Gözlerim kocaman bir şekilde söylenenleri sindirmeye çalışırken elimi bırakmadan beni binanın içine sürükledi. Hayır, böyle olmayacaktı. Canına okuyacaktım onun.

Koridora girdiğimizde tam ağzımı açacaktım ki tek eliyle ağzımı kapattı.

“Ben Batuhanla konuşmaya gidiyorum. Sınıfına git ve kimseye bulaşma” dedi.

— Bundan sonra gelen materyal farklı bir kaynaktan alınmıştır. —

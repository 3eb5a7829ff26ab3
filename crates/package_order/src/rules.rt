//! What the specs and bodies of packages wait for.
ghost use Rattle.std.specs.Prelude.{◌≡◌, ◌<◌, ◌^◌, ◌++◌, length, map, IfOk, OnOk};
ghost use Rattle.package_order.specs.Packages.{body_rule, items_of, rules, spec_rule, with_graph};

use crate::packages::{Package, has_item, place_of};
use elaboration_order::Rule;
use spark_base::{Items, NoMemory};
use std::alloc::Global;

/// Adds the places of the specs, or of the bodies, of the packages that are named.
fn add_items(
    places: &mut Items<usize>,
    all: &[Package],
    names: &[usize],
    is_body: bool,
) -> Result<(), NoMemory>
    ensures { OnOk result (places.new ≡ places.old ++ items_of all.now is_body names.now) }
{
    for name in names {
        if has_item(all, *name, is_body) {
            places.push(place_of(*name, is_body))?;
        }
    }
    Ok(())
}

/// What a spec waits for.
fn rule_of_spec(alloc: Global, all: &[Package], owner: &Package) -> Result<Rule, NoMemory>
    ensures { IfOk result (λ rule. rule ≡ spec_rule all.now owner.now) }
{
    let mut follows = Items::new(alloc);
    let mut prefers = Items::new(alloc);
    add_items(&mut follows, all, owner.withs.as_slice(), false)?;
    add_items(&mut prefers, all, owner.withs.as_slice(), true)?;
    Ok(Rule { follows, prefers })
}

/// What a body waits for. Where there is none, it waits for itself.
fn rule_of_body(
    alloc: Global,
    all: &[Package],
    number: usize,
    owner: &Package,
) -> Result<Rule, NoMemory>
    requires { number < 2 ^ 63 }
    ensures { IfOk result (λ rule. rule ≡ body_rule all.now number owner.now) }
{
    let mut follows = Items::new(alloc);
    let mut prefers = Items::new(alloc);
    let Some(more) = &owner.body_withs else {
        follows.push(place_of(number, true))?;
        return Ok(Rule { follows, prefers });
    };
    follows.push(place_of(number, false))?;
    add_items(&mut follows, all, owner.withs.as_slice(), false)?;
    add_items(&mut follows, all, more.as_slice(), false)?;
    add_items(&mut prefers, all, owner.withs.as_slice(), true)?;
    add_items(&mut prefers, all, more.as_slice(), true)?;
    Ok(Rule { follows, prefers })
}

/// What all items wait for, in the order of their places.
pub(crate) fn rules_of(alloc: Global, all: &[Package]) -> Result<Vec<Rule>, NoMemory>
    ensures { IfOk result (λ list. list.items ≡ rules all.now) }
{
    let mut list = Vec::new(alloc);
    for number in 0..all.len() {
        let owner = &all[number];
        list.push(rule_of_spec(alloc, all, owner)?)?;
        list.push(rule_of_body(alloc, all, number, owner)?)?;
    }
    Ok(list)
}

/// For each package those that its spec withs.
pub(crate) fn graph_of(alloc: Global, all: &[Package]) -> Result<Vec<Items<usize>>, NoMemory>
    ensures { IfOk result (λ graph. graph.items ≡ with_graph all.now) }
{
    let mut graph = Vec::new(alloc);
    for owner in all {
        let withs = Vec::from_slice(alloc, owner.withs.as_slice())?;
        graph.push(Items::from_vec(withs))?;
    }
    Ok(graph)
}
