use ada_forms::{BinaryOperator, UnaryOperator};
use ada_tree::{AddingOperator, LogicalOperator, MultiplyingOperator, RelationalOperator};
use name_keys::KeyMap;
use seen_types::{BOOLEAN, DURATION, ExprType, INTEGER, MOMENT, Seen, Shape, TypeTable};
use spark_base::TypeNo;
use static_meanings::{Range, booleans, integers};
use std::alloc::Global;
use std::test::Fail;

/// A subtype of Integer, a private type of package 3 with its full type, a modular type, an array, a protected type.
const NATURAL: TypeNo = TypeNo(2);

const HANDLE: TypeNo = TypeNo(6);

const FULL_HANDLE: TypeNo = TypeNo(7);

const BYTE: TypeNo = TypeNo(8);

const TABLE: TypeNo = TypeNo(9);

const LOCK: TypeNo = TypeNo(10);

fn range(number: u32, first: u32, high: i128, modular: Option<u64>) -> Range {
    Range {
        subtype: TypeNo(number),
        first: TypeNo(first),
        low: 0,
        high,
        least: 0,
        greatest: high,
        modular,
    }
}

fn row(types: &mut TypeTable, first: TypeNo, shape: Shape) -> Result<(), Fail> {
    types.add(Seen { first, shape })?;
    Ok(())
}

fn some_types(alloc: Global) -> Result<TypeTable, Fail> {
    let mut types = TypeTable::new(alloc);
    row(&mut types, BOOLEAN, Shape::Enumeration(booleans()))?;
    row(&mut types, INTEGER, Shape::Integers(integers()))?;
    row(&mut types, INTEGER, Shape::Integers(range(2, 1, 9, None)))?;
    row(&mut types, INTEGER, Shape::Integers(range(3, 1, 9, None)))?;
    row(&mut types, MOMENT, Shape::Moment)?;
    row(&mut types, DURATION, Shape::Duration)?;
    row(&mut types, HANDLE, Shape::Private(3))?;
    row(&mut types, HANDLE, Shape::Fields(KeyMap::new(alloc)))?;
    row(
        &mut types,
        BYTE,
        Shape::Integers(range(8, 8, 255, Some(255))),
    )?;
    let array = Shape::Array {
        index: BOOLEAN,
        of: INTEGER,
    };
    row(&mut types, TABLE, array)?;
    row(&mut types, LOCK, Shape::Protected(0))?;
    types.complete(HANDLE, FULL_HANDLE)?;
    Ok(types)
}

/// The number of the type, 99 for any integer, and none.
fn number(t: Option<ExprType>) -> Option<u32> {
    match t {
        None => None,
        Some(ExprType::AnyInteger) => Some(99),
        Some(ExprType::Of(t)) => Some(t.0),
    }
}

fn of(number: u32) -> Option<ExprType> {
    if number == 99 {
        Some(ExprType::AnyInteger)
    } else {
        Some(ExprType::Of(TypeNo(number)))
    }
}

#[test]
fn operators_take_some_types(rt: HostRuntime) -> Result<(), Fail> {
    let types = some_types(rt.alloc())?;
    let plus = BinaryOperator::Sum(AddingOperator::Plus);
    let minus = BinaryOperator::Sum(AddingOperator::Minus);
    let times = BinaryOperator::Product(MultiplyingOperator::Times);
    let and = BinaryOperator::Logical(LogicalOperator::And);
    let and_then = BinaryOperator::Logical(LogicalOperator::AndThen);
    let equal = BinaryOperator::Relation(RelationalOperator::Equal);
    let less = BinaryOperator::Relation(RelationalOperator::Less);
    let rows = [
        (plus, 2, 99, Some(1)),
        (plus, 99, 99, Some(99)),
        (plus, 8, 99, Some(8)),
        (plus, 8, 1, None),
        (plus, 4, 5, Some(4)),
        (plus, 5, 4, Some(4)),
        (plus, 4, 4, None),
        (minus, 4, 4, Some(5)),
        (minus, 5, 4, None),
        (plus, 5, 5, Some(5)),
        (times, 5, 1, None),
        (times, 1, 2, Some(1)),
        (and, 0, 0, Some(0)),
        (and, 8, 99, Some(8)),
        (and, 99, 0, None),
        (and, 1, 1, None),
        (and_then, 8, 8, None),
        (equal, 10, 10, None),
        (equal, 9, 9, Some(0)),
        (less, 9, 9, None),
        (less, 4, 4, Some(0)),
        (BinaryOperator::Power, 1, 2, Some(1)),
        (BinaryOperator::Power, 1, 8, None),
    ];
    for (operator, a, b, wanted) in rows {
        let made = types.binary_of(None, operator, of(a), of(b));
        assert_eq!(rt; number(made), wanted, "{operator:?} of {a} and {b}");
        assert_eq!(rt; number(types.binary_of(None, operator, None, of(b))), None);
    }
    assert_eq!(rt;
        number(types.unary_of(None, UnaryOperator::Not, of(8))),
        Some(8)
    );
    assert_eq!(rt;
        number(types.unary_of(None, UnaryOperator::Not, of(1))),
        None
    );
    assert_eq!(rt;
        number(types.unary_of(None, UnaryOperator::Absolute, of(2))),
        Some(1)
    );
    assert_eq!(rt;
        number(types.in_range_of(None, of(2), of(99), of(1))),
        Some(0)
    );
    assert_eq!(rt; number(types.in_range_of(None, of(0), of(99), of(1))), None);
    assert_eq!(rt; number(types.in_mark_of(None, of(99), of(8))), Some(0));
    Ok(())
}

#[test]
fn a_private_type_is_seen_in_its_package(rt: HostRuntime) -> Result<(), Fail> {
    let types = some_types(rt.alloc())?;
    assert!(rt; types.is_private(None, HANDLE));
    assert!(rt; types.is_private(Some(2), HANDLE));
    assert!(rt; types.is_composite(Some(3), HANDLE));
    assert_eq!(rt; types.first(FULL_HANDLE), HANDLE);
    assert_eq!(rt;
        number(Some(types.root(None, ExprType::Of(HANDLE)))),
        Some(6)
    );
    assert_eq!(rt;
        number(Some(types.root(Some(3), ExprType::Of(HANDLE)))),
        Some(7)
    );
    assert!(rt; types.is_same(HANDLE, FULL_HANDLE));
    Ok(())
}

#[test]
fn kinds_and_ranges(rt: HostRuntime) -> Result<(), Fail> {
    let types = some_types(rt.alloc())?;
    assert!(rt; types.is_modular(None, BYTE));
    assert!(rt; !types.is_modular(None, NATURAL));
    assert!(rt; types.is_limited(None, LOCK));
    assert!(rt; types.is_array(None, TABLE));
    assert!(rt; types.shape(None, TypeNo(40)).is_none());
    assert!(rt; types.is_unfit(None, of(10), of(10)));
    assert!(rt; types.misfits(None, of(1), of(8)));
    assert!(rt; !types.misfits(None, of(1), None));
    assert!(rt; types.is_countable(None, ExprType::AnyInteger));
    let of_table = types.range_of(None, TABLE).expect(&rt, "that of its index");
    assert_eq!(rt; of_table.high, 1);
    let of_byte = types.bounds(None, BYTE).expect(&rt, "it has one");
    assert_eq!(rt; of_byte.high, 255);
    assert!(rt; types.bounds(None, TABLE).is_none());
    Ok(())
}
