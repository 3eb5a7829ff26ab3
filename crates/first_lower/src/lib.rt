//! The core program of a source of the first path: `lower` makes it of a source that meets the
//! conditions and of the table of its variables' keys. The program is well-formed, and has three
//! bodies: the elaborations of the package's spec and body, and the procedure with its contract.
#![tactic(auto)]

mod code;
mod contract;
mod exprs;
mod program;
mod tables;

pub use program::lower;
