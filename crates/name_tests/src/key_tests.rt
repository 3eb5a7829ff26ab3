use name_keys::{KeyMap, KeyTable};
use std::test::Fail;

#[test]
fn the_number_of_a_name_is_its_place(rt: HostRuntime) -> Result<(), Fail> {
    let alloc = rt.alloc();
    let mut keys = KeyTable::new(alloc);
    let rows = [
        ("count".as_bytes(), true, 0),
        ("p".as_bytes(), true, 1),
        ("count".as_bytes(), false, 0),
        ("count_2".as_bytes(), true, 2),
        ("".as_bytes(), true, 3),
        ("p".as_bytes(), false, 1),
    ];
    for (key, is_new, number) in rows {
        assert_eq!(rt; keys.find(key).is_none(), is_new);
        assert_eq!(rt; keys.add(key.to_vec(alloc)?)?, is_new);
        assert_eq!(rt; keys.find(key), Some(number));
    }
    assert_eq!(rt; keys.find(b"Count".as_slice()), None);
    Ok(())
}

#[test]
fn a_number_stands_once_in_a_map(rt: HostRuntime) -> Result<(), Fail> {
    let mut map = KeyMap::new(rt.alloc());
    let rows = [
        (7, 'a', true, 0),
        (2, 'b', true, 1),
        (7, 'c', false, 0),
        (0, 'd', true, 2),
    ];
    for (key, value, is_new, place) in rows {
        assert_eq!(rt; map.find(key).is_none(), is_new);
        assert_eq!(rt; map.add(key, value)?, is_new);
        assert_eq!(rt; map.place_of(key), Some(place));
    }
    assert_eq!(rt; map.len(), 3);
    assert_eq!(rt; map.find(7), Some('a'));
    assert_eq!(rt; map.at(1), Some((2, 'b')));
    assert_eq!(rt; map.at(3), None);
    assert_eq!(rt; map.place_of(3), None);
    Ok(())
}
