ghost use Rattle.std.specs.Prelude.{◌≡◌, map, IfOk};
ghost use Rattle.elaboration_order.specs.Order.{order};
ghost use Rattle.package_order.specs.Packages.{IsElaboration, item_at, rules};

use crate::packages::{Item, Package, item_at};
use crate::rules::{graph_of, rules_of};
use elaboration_order::elaboration_order;
use graph_cycles::first_on_cycle;
use spark_base::{Items, NoMemory};
use std::alloc::Global;

/// How packages are elaborated.
#[derive(Drop)]
pub enum Elaboration {
    /// They are not: the first package to whose spec with clauses of specs lead back.
    Circle(usize),
    /// In this order.
    Order(Items<Item>),
}

/// The items at places.
fn items_at(alloc: Global, places: &[usize]) -> Result<Items<Item>, NoMemory>
    ensures { IfOk result (λ items. items ≡ map item_at places.now) }
{
    let mut items = Items::new(alloc);
    for place in places {
        items.push(item_at(*place))?;
    }
    Ok(items)
}

/// The items of packages, as the order of what they follow and prefer has them.
fn in_order(alloc: Global, packages: &[Package]) -> Result<Items<Item>, NoMemory>
    ensures { IfOk result (λ items. items ≡ map item_at (order (rules packages.now))) }
{
    let rules = rules_of(alloc, packages)?;
    let places = elaboration_order(alloc, rules.as_slice())?;
    items_at(alloc, places.as_slice())
}

/// How packages are elaborated. Specs may not with each other in a circle. A spec comes behind the specs that it withs, and a body
/// behind its spec and the specs that the two with; each had better come behind the bodies of these, too. Again and again
/// the first item that may come and had better is taken, and where there is none the first that may; items are
/// listed by the places of the packages' specs, the spec of each before its body.
///
/// It takes the time of a few steps for each package and each with clause, and for each step that of a search in a
/// sorted set.
pub fn elaborate(alloc: Global, packages: &[Package]) -> Result<Elaboration, NoMemory>
    ensures { IfOk result (λ answer. IsElaboration packages.now answer) }
{
    let graph = graph_of(alloc, packages)?;
    let found = first_on_cycle(alloc, graph.as_slice())?;
    match found {
        Some(number) => Ok(Elaboration::Circle(number)),
        None => Ok(Elaboration::Order(in_order(alloc, packages)?)),
    }
}
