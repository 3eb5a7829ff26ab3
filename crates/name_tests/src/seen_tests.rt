use ada_forms::Property;
use name_findings::Mention;
use name_keys::{KeyMap, KeyTable};
use scope_table::{Open, ScopeTable};
use seen_names::{
    Application, Callable, Entity, Gift, Place, Role, Selection, Shown, Subprogram, Tables, Value,
    What, is_unit_name, of_shown, selected, type_in,
};
use seen_types::{BOOLEAN, ExprType, FieldSeen, INTEGER, Seen, Shape, TypeTable};
use spark_base::{DeclNo, ExprNo, Items, Name, Pos, TypeNo};
use static_meanings::{booleans, integers};
use std::alloc::Global;
use std::test::Fail;
use use_table::{Member, UseTable};

const OUTSIDE: Place = Place {
    home: None,
    unit: None,
    in_function: false,
};

fn at(line: u32) -> Mention {
    Mention {
        at: Pos { line, col: 1 },
        expr: ExprNo(line),
    }
}

fn object(decl: u32, region: usize, role: Role, of: u32) -> Shown {
    Shown {
        decl: Some(DeclNo(decl)),
        region,
        what: What::Object {
            role,
            of: Some(ExprType::Of(TypeNo(of))),
            value: Value::NotStatic,
        },
    }
}

/// The names x, y, f and lock; the types Boolean and Integer, a record 2 with the component y, an array 3 of Integer over
/// Boolean, a protected type 4 of unit 0; f without formals gives an array.
fn empty_tables(alloc: Global) -> Result<Tables, Fail> {
    let mut keys = KeyTable::new(alloc);
    for key in ["x", "y", "f", "lock"] {
        let _ = keys.add(key.as_bytes().to_vec(alloc)?)?;
    }
    let mut types = TypeTable::new(alloc);
    let mut fields = KeyMap::new(alloc);
    let _ = fields.add(
        1,
        FieldSeen {
            decl: DeclNo(7),
            of: BOOLEAN,
        },
    )?;
    let array = Shape::Array {
        index: BOOLEAN,
        of: INTEGER,
    };
    add(&mut types, Shape::Enumeration(booleans()))?;
    add(&mut types, Shape::Integers(integers()))?;
    add(&mut types, Shape::Fields(fields))?;
    add(&mut types, array)?;
    add(&mut types, Shape::Protected(0))?;
    let mut callables = Items::new(alloc);
    callables.push(Callable {
        form: Subprogram::Function,
        formals: KeyMap::new(alloc),
        result: Some(TypeNo(3)),
    })?;
    callables.push(Callable {
        form: Subprogram::Procedure,
        formals: KeyMap::new(alloc),
        result: None,
    })?;
    Ok(Tables {
        keys,
        opens: ScopeTable::new(alloc),
        params: ScopeTable::new(alloc),
        members: UseTable::new(alloc),
        operations: UseTable::new(alloc),
        types,
        callables,
    })
}

fn add(types: &mut TypeTable, shape: Shape) -> Result<(), Fail> {
    types.add(Seen {
        first: INTEGER,
        shape,
    })?;
    Ok(())
}

fn decl_of(shown: Option<Shown>) -> Option<DeclNo> {
    match shown {
        None => None,
        Some(shown) => shown.decl,
    }
}

#[test]
fn the_inner_of_a_declaration_and_a_parameter_is_visible(rt: HostRuntime) -> Result<(), Fail> {
    let alloc = rt.alloc();
    let mut tables = empty_tables(alloc)?;
    let x = Name::new(alloc, b"X")?;
    let z = Name::new(alloc, b"Z")?;
    assert!(rt; tables.visible(&x).is_none());
    let member = Member {
        shown: object(9, 0, Role::Variable, 1),
        is_visible: true,
    };
    let _ = tables.members.declare(alloc, 5, 0, member)?;
    tables.members.open_use(5)?;
    assert_eq!(rt; decl_of(tables.visible(&x)), Some(DeclNo(9)));
    tables.opens.declare(Open {
        key: 0,
        shown: object(1, 2, Role::Variable, 1),
    })?;
    tables.params.declare(Open {
        key: 0,
        shown: object(2, 1, Role::Fixed, 1),
    })?;
    assert_eq!(rt; decl_of(tables.visible(&x)), Some(DeclNo(1)));
    tables.params.declare(Open {
        key: 0,
        shown: object(3, 4, Role::Fixed, 1),
    })?;
    assert_eq!(rt; decl_of(tables.visible(&x)), Some(DeclNo(3)));
    assert!(rt; tables.visible(&z).is_none());
    Ok(())
}

#[test]
fn private_parts_are_seen_from_within(rt: HostRuntime) -> Result<(), Fail> {
    let alloc = rt.alloc();
    let mut tables = empty_tables(alloc)?;
    let f = Name::new(alloc, b"f")?;
    let shown = Shown {
        decl: Some(DeclNo(4)),
        region: 0,
        what: What::Subprogram(0),
    };
    let private = Member {
        shown,
        is_visible: false,
    };
    let _ = tables.members.declare(alloc, 0, 2, private)?;
    let _ = tables.operations.declare(alloc, 0, 2, private)?;
    let inside = Place {
        home: Some(0),
        unit: Some(0),
        in_function: false,
    };
    assert!(rt; tables.member(OUTSIDE, 0, &f).is_none());
    assert_eq!(rt; decl_of(tables.member(inside, 0, &f)), Some(DeclNo(4)));
    assert!(rt; tables.member(inside, 1, &f).is_none());
    let lock = of_shown(at(1), Some(object(6, 0, Role::ProtectedObject, 4)));
    let is_operation = match tables.selection(inside, &f, lock) {
        Selection::Operation(_) => true,
        _ => false,
    };
    assert!(rt; is_operation);
    let is_hidden = match tables.selection(OUTSIDE, &f, lock) {
        Selection::NoComponent => true,
        _ => false,
    };
    assert!(rt; is_hidden);
    Ok(())
}

#[test]
fn components_calls_and_indexes(rt: HostRuntime) -> Result<(), Fail> {
    let alloc = rt.alloc();
    let tables = empty_tables(alloc)?;
    let y = Name::new(alloc, b"Y")?;
    let record = of_shown(at(1), Some(object(6, 0, Role::Variable, 2)));
    let part = selected(at(2), tables.selection(OUTSIDE, &y, record));
    let of_part = match type_in(part) {
        Some(ExprType::Of(t)) => t,
        _ => TypeNo(99),
    };
    assert_eq!(rt; of_part, BOOLEAN);
    let is_index = match tables.application(OUTSIDE, Entity::Called(at(1), false, 0)) {
        Application::Index(_, index, of) => index == BOOLEAN && of == INTEGER,
        _ => false,
    };
    assert!(rt;
        is_index,
        "a function without formals that gives an array is indexed"
    );
    let is_procedure = match tables.application(OUTSIDE, Entity::Called(at(1), false, 1)) {
        Application::NoFunction(_) => true,
        _ => false,
    };
    assert!(rt; is_procedure);
    assert!(rt; is_unit_name(1_000, b"Us"));
    assert!(rt; !is_unit_name(1_000, b"ms"));
    assert!(rt; is_unit_name(60_000_000_000, b"M"));
    Ok(())
}

/// What an attribute gives of a mark, by the number of the type, the count of arguments and a word for the answer.
#[test]
fn attributes_of_marks(rt: HostRuntime) -> Result<(), Fail> {
    let tables = empty_tables(rt.alloc())?;
    let rows = [
        (Property::First, 1, 0, "bound"),
        (Property::First, 1, 1, "count"),
        (Property::Length, 1, 0, "no range"),
        (Property::Length, 3, 0, "bound"),
        (Property::Last, 2, 0, "no range"),
        (Property::Succ, 0, 1, "values"),
        (Property::Succ, 3, 1, "no order"),
        (Property::Min, 1, 1, "count"),
        (Property::Max, 1, 2, "values"),
        (Property::Val, 0, 1, "position"),
        (Property::Other, 1, 0, "no attribute"),
    ];
    for (what, t, count, wanted) in rows {
        let answer = match tables.gift(OUTSIDE, what, Entity::Mark(Some(TypeNo(t))), count) {
            Gift::Unknown => "unknown",
            Gift::NoAttribute => "no attribute",
            Gift::NoRange => "no range",
            Gift::NoOrder => "no order",
            Gift::WrongCount => "count",
            Gift::Bound(_) => "bound",
            Gift::OfValues(_, _) => "values",
            Gift::OfPosition(_) => "position",
        };
        assert_eq!(rt; answer, wanted, "{what:?} of type {t}");
    }
    Ok(())
}
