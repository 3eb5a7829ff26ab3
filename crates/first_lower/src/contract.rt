ghost use Rattle.std.specs.Prelude.{◌≡◌, [], ◌∷◌, ◌++◌, ◌<◌, ◌^◌, map, length, IfOk, OnOk};
ghost use Rattle.std.specs.List.{flat_map};
ghost use Rattle.first_conditions.specs.Conditions.{entries_of, words_of};
ghost use Rattle.first_lower.specs.Known.{Each, KnownWord, KnownEntry};
ghost use Rattle.first_lower.specs.Lowered.{mode_of, low_global_item, low_entry, low_contract};

use crate::exprs::find_leaf;
use core_form::{Contract, GlobalItem, Mode};
use first_conditions::KeyTable;
use first_path::{Entry, GlobalForm, Names, Word};
use spark_base::{ItemNo, Items, NoMemory};
use std::alloc::Global;

/// The mode of an entry.
fn mode_of(entry: &Entry) -> Mode
    ensures { result ≡ mode_of entry.now }
{
    first_conditions::mode_of(&entry.mode).unwrap_or(Mode::Input)
}

/// Adds an item of a Global.
fn append_item(
    alloc: Global,
    list: &mut Items<GlobalItem>,
    table: &KeyTable,
    mode: Mode,
    word: &Word,
) -> Result<(), NoMemory>
    requires known { KnownWord table.now word.now }
    requires room { length table.now < 2 ^ 32 }
    ensures { OnOk result (list.new ≡ list.old ++ low_global_item table.now mode word.now ∷ []) }
{
    let leaf = find_leaf(alloc, table, word)?;
    list.push(GlobalItem {
        item: ItemNo(leaf.0),
        mode,
        place: word.span,
    })
}

/// Adds the items of some names.
fn append_items(
    alloc: Global,
    list: &mut Items<GlobalItem>,
    table: &KeyTable,
    mode: Mode,
    words: &[Word],
) -> Result<(), NoMemory>
    requires known { Each (KnownWord table.now) words.now }
    requires room { length table.now < 2 ^ 32 }
    ensures { OnOk result (list.new ≡ list.old ++ map (low_global_item table.now mode) words.now) }
{
    for word in words {
        append_item(alloc, list, table, mode, word)?;
    }
    Ok(())
}

/// Adds the items of an entry.
fn append_entry(
    alloc: Global,
    list: &mut Items<GlobalItem>,
    table: &KeyTable,
    entry: &Entry,
) -> Result<(), NoMemory>
    requires known { KnownEntry table.now entry.now }
    requires room { length table.now < 2 ^ 32 }
    ensures { OnOk result (list.new ≡ list.old ++ low_entry table.now entry.now) }
{
    let mode = mode_of(entry);
    match &entry.names {
        Names::Bare(word) => append_item(alloc, list, table, mode, word),
        Names::Listed { first, more } => {
            append_item(alloc, list, table, mode, first)?;
            append_items(alloc, list, table, mode, more.as_slice())
        }
    }
}

/// Adds the items of some entries.
fn append_entries(
    alloc: Global,
    list: &mut Items<GlobalItem>,
    table: &KeyTable,
    entries: &[Entry],
) -> Result<(), NoMemory>
    requires known { Each (KnownEntry table.now) entries.now }
    requires room { length table.now < 2 ^ 32 }
    ensures { OnOk result (list.new ≡ list.old ++ flat_map (low_entry table.now) entries.now) }
{
    for entry in entries {
        append_entry(alloc, list, table, entry)?;
    }
    Ok(())
}

/// The items of a Global.
fn global_items(
    alloc: Global,
    table: &KeyTable,
    global: &GlobalForm,
) -> Result<Items<GlobalItem>, NoMemory>
    requires known { Each (KnownEntry table.now) (entries_of global.now) }
    requires room { length table.now < 2 ^ 32 }
    ensures { IfOk result (λ l. l ≡ flat_map (low_entry table.now) (entries_of global.now)) }
{
    let mut list = Items::new(alloc);
    if let GlobalForm::Entries { first, more } = global {
        append_entry(alloc, &mut list, table, first)?;
        append_entries(alloc, &mut list, table, more.as_slice())?;
    }
    Ok(list)
}

/// The contract of the procedure.
pub fn contract(
    alloc: Global,
    table: &KeyTable,
    aspect: &Word,
    global: &GlobalForm,
) -> Result<Contract, NoMemory>
    requires known { Each (KnownEntry table.now) (entries_of global.now) }
    requires room { length table.now < 2 ^ 32 }
    ensures { IfOk result (λ c. c ≡ low_contract table.now aspect.now global.now) }
{
    Ok(Contract {
        globals: global_items(alloc, table, global)?,
        depends: None,
        derived: false,
        place: aspect.span,
        global_place: Some(aspect.span),
        depends_place: None,
        on_spec: true,
    })
}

“Ne yani? Ben mi bulaşıyorum insanlara?” dediğimde cevap beklemeden yürümeye başlamıştı bile. Benim de bir sınırım vardı. En yakın zamanda bunu ona ödetecektim. Kız arkadaş demek? Herkesin içinde sevgiliyiz demişti. Önce bir bana söyleseydi bari. O kadar insanla birlikte öğrenmek zorunda mıydım? Hem kabul edeceğimi nereden biliyordu. Gerizekalı. Aptal.

Kendi kendime söylenirken adımı duyduğumda hafiften kendime geldim. Kafamı çevirdiğimde Hazal ve Özge’yi gördüm ve rahatlamayla karışık bir duygu kapladı içimi. Bu kızlar bana iyi geliyorlardı ve şu an hissettiklerimi birine aktarmazsam öfkeden patlayabilirdim.

İkisi de gözleri kocaman olmuş bir şekilde yanıma geldiklerinde Bulutla aramda geçenlerden bihaber olduklarını hatırladım. Ahh. Bu kızlar daha geçen gün beni Batuhanla yakıştırmıyorlar mıydı? Şimdi ne düşünüyorlardı kim bilir. Haklıydılar da düşünmekte. Ben bile şu an kendi hakkımda pek iyi şeyler düşünmüyordum. Bir an önce bir açıklama yapmam gerekiyordu.